_Goal of the exercise_
Output all records verbatim.

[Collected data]
//! Desks at work, each on a thread that owns it.

ghost use Rattle.std.specs.Prelude.{◌≡◌, All, vec_len};
ghost use Rattle.xbar_fabric.specs.Views.{AreDesksOf, IsDeskOf};

use crate::fixtures::some_job;
use crate::offices::MOST_STEPS_ALONE;
use rand_pcg::Pcg32;
use std::alloc::Global;
use std::process::Abort;
use std::thread::{self, Threads, map_vec};
use xbar_equip::Len;
use xbar_fabric::{Desk, Event, Fabric};
use xbar_office::{Job, Record};

/// How often a desk gives back and begins its job anew before it leaves the job undone.
const TRIES: u32 = 100_000_000;

/// A desk at work, and the records of its jobs. It is `Send` if the desk is.
#[derive(Drop)]
pub struct AtWork<D: Drop> {
    pub desk: D,
    pub log: Vec<Record>,
}

/// A desk of the office at work.
pub type DeskAtWork = AtWork<Desk>;

/// What each desk does on its thread.
#[derive(Clone, Copy)]
pub enum Task {
    /// Dials, with at most this number of steps: desk 0 from line 3041, any other from line 1000.
    Dial(u32),
    /// Does this number of jobs to their ends. A generator with this seed chooses them.
    Jobs(u32, u64),
}

/// Makes the desk's steps until its job has ended, but at most `most`. Returns whether the job has
/// ended.
pub fn run_on(fabric: &Fabric, shift: &mut DeskAtWork, most: u32) -> bool
    requires { IsDeskOf shift.old.desk fabric.now }
    ensures { IsDeskOf shift.new.desk fabric.now }
{
    for _made in 0..most {
        match shift.desk.advance(fabric) {
            Event::Idle => return true,
            // If there is no memory for the record, the audit finds it missing.
            Event::Finished(record) => return shift.log.push(record).is_ok(),
            Event::Moved | Event::Refused { .. } | Event::Preferred(_) => {}
        }
    }
    false
}

/// Brings the desk's job to its end. Each time that it has not ended within `patience` steps, the
/// desk gives back what it holds, so that no desk waits for it, and yields to other threads.
fn persist(fabric: &Fabric, shift: &mut DeskAtWork, patience: u32) -> bool
    requires { IsDeskOf shift.old.desk fabric.now }
    ensures { IsDeskOf shift.new.desk fabric.now }
{
    for _begun in 0..TRIES {
        if run_on(fabric, shift, patience) {
            return true;
        }
        let _given = shift.desk.give_back(fabric);
        thread::yield_now();
    }
    false
}

/// Has the desk dial, with at most `most` steps.
fn dial(fabric: &Fabric, shift: &mut DeskAtWork, most: u32)
    requires { IsDeskOf shift.old.desk fabric.now }
    ensures { IsDeskOf shift.new.desk fabric.now }
{
    let line = match shift.desk.marker() {
        0 => Len::new(3, 0, 21),
        _ => Len::new(1, 0, 0),
    };
    if shift.desk.assign(1, Job::Dial(line)).is_ok() {
        let _ended = run_on(fabric, shift, most);
    }
}

/// Does `jobs` jobs, one after another, each to its end.
fn do_jobs(fabric: &Fabric, shift: &mut DeskAtWork, jobs: u32, seed: u64)
    requires { IsDeskOf shift.old.desk fabric.now }
    ensures { IsDeskOf shift.new.desk fabric.now }
{
    let marker = shift.desk.marker();
    let mut numbers = Pcg32::new(seed, u64::from(marker));
    // Each desk has a patience of its own, so that no two keep in step.
    let patience = MOST_STEPS_ALONE + 7 * (marker % 64);
    for job_no in 0..jobs {
        let job = some_job(&mut numbers);
        if shift.desk.assign(job_no, job).is_err() || !persist(fabric, shift, patience) {
            break;
        }
    }
}

fn work(fabric: &Fabric, desk: Desk, log: Vec<Record>, task: Task) -> DeskAtWork
    requires { IsDeskOf desk fabric.now }
    ensures { IsDeskOf result.desk fabric.now }
{
    let mut shift = AtWork { desk, log };
    match task {
        Task::Dial(most) => dial(fabric, &mut shift, most),
        Task::Jobs(jobs, seed) => do_jobs(fabric, &mut shift, jobs, seed),
    }
    shift
}

/// Has each desk do the task on its own thread.
pub fn on_threads<R: Threads + Sync + Abort>(
    rt: &R,
    alloc: Global,
    fabric: &Fabric,
    desks: Vec<Desk>,
    task: Task,
) -> Vec<DeskAtWork>
    requires { AreDesksOf desks.items fabric.now }
    ensures desks { All (λ shift. IsDeskOf shift.desk fabric.now) result.items }
    ensures count { vec_len result ≡ vec_len desks }
{
    let worked = map_vec(
        rt,
        desks,
        &|desk: Desk| -> DeskAtWork
            requires { IsDeskOf desk fabric.now }
            ensures { IsDeskOf result.desk fabric.entry.now }
        { work(fabric, desk, Vec::new(alloc), task) },
    );
    let Ok(shifts) = worked else {
        panic!(rt; "there is memory for threads");
    };
    shifts
}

_Response to this exercise_
//! Desks at work, each on a thread that owns it.

ghost use Rattle.std.specs.Prelude.{◌≡◌, All, vec_len};
ghost use Rattle.xbar_fabric.specs.Views.{AreDesksOf, IsDeskOf};

use crate::fixtures::some_job;
use crate::offices::MOST_STEPS_ALONE;
use rand_pcg::Pcg32;
use std::alloc::Global;
use std::process::Abort;
use std::thread::{self, Threads, map_vec};
use xbar_equip::Len;
use xbar_fabric::{Desk, Event, Fabric};
use xbar_office::{Job, Record};

/// How often a desk gives back and begins its job anew before it leaves the job undone.
const TRIES: u32 = 100_000_000;

/// A desk at work, and the records of its jobs. It is `Send` if the desk is.
#[derive(Drop)]
pub struct AtWork<D: Drop> {
    pub desk: D,
    pub log: Vec<Record>,
}

/// A desk of the office at work.
pub type DeskAtWork = AtWork<Desk>;

/// What each desk does on its thread.
#[derive(Clone, Copy)]
pub enum Task {
    /// Dials, with at most this number of steps: desk 0 from line 3041, any other from line 1000.
    Dial(u32),
    /// Does this number of jobs to their ends. A generator with this seed chooses them.
    Jobs(u32, u64),
}

/// Makes the desk's steps until its job has ended, but at most `most`. Returns whether the job has
/// ended.
pub fn run_on(fabric: &Fabric, shift: &mut DeskAtWork, most: u32) -> bool
    requires { IsDeskOf shift.old.desk fabric.now }
    ensures { IsDeskOf shift.new.desk fabric.now }
{
    for _made in 0..most {
        match shift.desk.advance(fabric) {
            Event::Idle => return true,
            // If there is no memory for the record, the audit finds it missing.
            Event::Finished(record) => return shift.log.push(record).is_ok(),
            Event::Moved | Event::Refused { .. } | Event::Preferred(_) => {}
        }
    }
    false
}

/// Brings the desk's job to its end. Each time that it has not ended within `patience` steps, the
/// desk gives back what it holds, so that no desk waits for it, and yields to other threads.
fn persist(fabric: &Fabric, shift: &mut DeskAtWork, patience: u32) -> bool
    requires { IsDeskOf shift.old.desk fabric.now }
    ensures { IsDeskOf shift.new.desk fabric.now }
{
    for _begun in 0..TRIES {
        if run_on(fabric, shift, patience) {
            return true;
        }
        let _given = shift.desk.give_back(fabric);
        thread::yield_now();
    }
    false
}

/// Has the desk dial, with at most `most` steps.
fn dial(fabric: &Fabric, shift: &mut DeskAtWork, most: u32)
    requires { IsDeskOf shift.old.desk fabric.now }
    ensures { IsDeskOf shift.new.desk fabric.now }
{
    let line = match shift.desk.marker() {
        0 => Len::new(3, 0, 21),
        _ => Len::new(1, 0, 0),
    };
    if shift.desk.assign(1, Job::Dial(line)).is_ok() {
        let _ended = run_on(fabric, shift, most);
    }
}

/// Does `jobs` jobs, one after another, each to its end.
fn do_jobs(fabric: &Fabric, shift: &mut DeskAtWork, jobs: u32, seed: u64)
    requires { IsDeskOf shift.old.desk fabric.now }
    ensures { IsDeskOf shift.new.desk fabric.now }
{
    let marker = shift.desk.marker();
    let mut numbers = Pcg32::new(seed, u64::from(marker));
    // Each desk has a patience of its own, so that no two keep in step.
    let patience = MOST_STEPS_ALONE + 7 * (marker % 64);
    for job_no in 0..jobs {
        let job = some_job(&mut numbers);
        if shift.desk.assign(job_no, job).is_err() || !persist(fabric, shift, patience) {
            break;
        }
    }
}

fn work(fabric: &Fabric, desk: Desk, log: Vec<Record>, task: Task) -> DeskAtWork
    requires { IsDeskOf desk fabric.now }
    ensures { IsDeskOf result.desk fabric.now }
{
    let mut shift = AtWork { desk, log };
    match task {
        Task::Dial(most) => dial(fabric, &mut shift, most),
        Task::Jobs(jobs, seed) => do_jobs(fabric, &mut shift, jobs, seed),
    }
    shift
}

/// Has each desk do the task on its own thread.
pub fn on_threads<R: Threads + Sync + Abort>(
    rt: &R,
    alloc: Global,
    fabric: &Fabric,
    desks: Vec<Desk>,
    task: Task,
) -> Vec<DeskAtWork>
    requires { AreDesksOf desks.items fabric.now }
    ensures desks { All (λ shift. IsDeskOf shift.desk fabric.now) result.items }
    ensures count { vec_len result ≡ vec_len desks }
{
    let worked = map_vec(
        rt,
        desks,
        &|desk: Desk| -> DeskAtWork
            requires { IsDeskOf desk fabric.now }
            ensures { IsDeskOf result.desk fabric.entry.now }
        { work(fabric, desk, Vec::new(alloc), task) },
    );
    let Ok(shifts) = worked else {
        panic!(rt; "there is memory for threads");
    };
    shifts
}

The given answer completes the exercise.